Northwestern National Life Insurance Company Home Office
|
|
![]() The Northwestern National Life Insurance Company Home Office from the northwest
|
|
Location | 430 Oak Grove St., Minneapolis, Minnesota |
---|---|
Coordinates | 44°58′5″N 93°17′9″W / 44.96806°N 93.28583°WCoordinates: 44°58′5″N 93°17′9″W / 44.96806°N 93.28583°W |
Area | less than one acre |
Built | 1924 |
Architect | Hewitt & Brown |
Architectural style | Beaux-Arts |
NRHP Reference # | 12000414 |
Added to NRHP | July 16, 2012 |
The Northwestern National Life Insurance Company Home Office, also known as the Loring Park Office Building, is an office building located in Minneapolis, Minnesota. It was designed by the architecture firm of Hewitt and Brown in the Beaux-Arts style. The building was listed on the National Register of Historic Places on July 16, 2012.
The building faces Loring Park on the north and is surrounded by residential buildings to the south, St. Mark's Episcopal Cathedral to the west, and the Woman's Club of Minneapolis on the east. It has a reinforced concrete structure and is faced with gray Bedford limestone and brick. The front entrance has a Palladian loggia style, with a tall archway flanked by Ionic columns and a porch behind it.

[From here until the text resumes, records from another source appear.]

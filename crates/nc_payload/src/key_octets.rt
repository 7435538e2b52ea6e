//! The octets of the keys in the paths to the elements of one payload, which are bounded: what is below an
//! entry has the entry's keys in its path, and each path is compared with others key by key, octet by octet.
use nc_names::{Many, Memory, Step};

/// The most octets that the keys in the paths to the elements of one request's payload have in all: for each
/// element those of the entry that it is and of the entries in which it stands. A path is compared some
/// sixteen times while an edit is made, and some hundred times while rows are gathered.
pub(crate) const KEYS_LIMIT: u64 = 134_217_728;

/// How many octets of keys the paths to further elements may have.
#[derive(Clone, Copy)]
pub(crate) enum KeysLeft {
    /// So many.
    Octets(u64),
    /// As many as there are: what the server kept itself has to be readable.
    Any,
}

fn with_keys(octets: u64, step: &Step) -> u64 {
    let mut all = octets;
    for key in step.keys.as_slice() {
        all = all.saturating_add(key.len() as u64);
    }
    all
}

// The octets of the keys in a path.
fn octets_in(path: &Many<Step>) -> u64 {
    let mut all = 0u64;
    for step in path.as_slice() {
        all = with_keys(all, step);
    }
    all
}

impl KeysLeft {
    /// Those that the payload of one request may have.
    pub(crate) fn of_request() -> KeysLeft {
        KeysLeft::Octets(KEYS_LIMIT)
    }

    /// What is left after the path to one element more. Where fewer were left the payload is refused like
    /// one for which no memory is found.
    pub(crate) fn after(self, path: &Many<Step>) -> Result<KeysLeft, Memory> {
        match self {
            KeysLeft::Octets(octets) => match octets.checked_sub(octets_in(path)) {
                Some(left) => Ok(KeysLeft::Octets(left)),
                None => Err(Memory),
            },
            KeysLeft::Any => Ok(KeysLeft::Any),
        }
    }
}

The building is significant for its architecture and also for its role in the commerce of Minnesota. The company was established in 1885, and was originally named the "Northwestern Aid Association". It became the Northwestern Life Association in 1888. In 1901 the company's president, William Frank Bechtel, merged the Northwestern Life Association and the National Mutual Life Association into the Northwestern National Life Insurance Company. It was the second-largest life insurance company in the American Midwest after the Northwestern Mutual company in Milwaukee. The company built a headquarters building at 11th and Nicollet, combined with an auditorium for public use, in 1905. As the company grew, though, that building was no longer large enough for its staff or for efficient operations. The company accepted a purchase offer in December 1919 for its Nicollet Avenue property, and in 1920, they purchased three lots near Loring Park. In August 1922 the board of directors authorized construction of the headquarters. They searched for a suitable architect, and contracted with the firm of Hewitt & Brown. Hewitt & Brown had designed two nearby buildings: St. Mark's Episcopal Cathedral and the Hennepin Avenue United Methodist Church a block away. Plans were approved in January 1923, with revisions continuing through September of that year. The site had an odd shape because of the street intersection on which it faced, and Hewitt considered it an "interesting problem". He chose the terrace and the loggia as a solution to the grade on which the building faced, and it gave the building a monumental effect. Ground was broken for the building on March 1, 1923. Construction was finished the next year, with the first tenants moving in in January 1924 and with the move complete on March 15, 1924.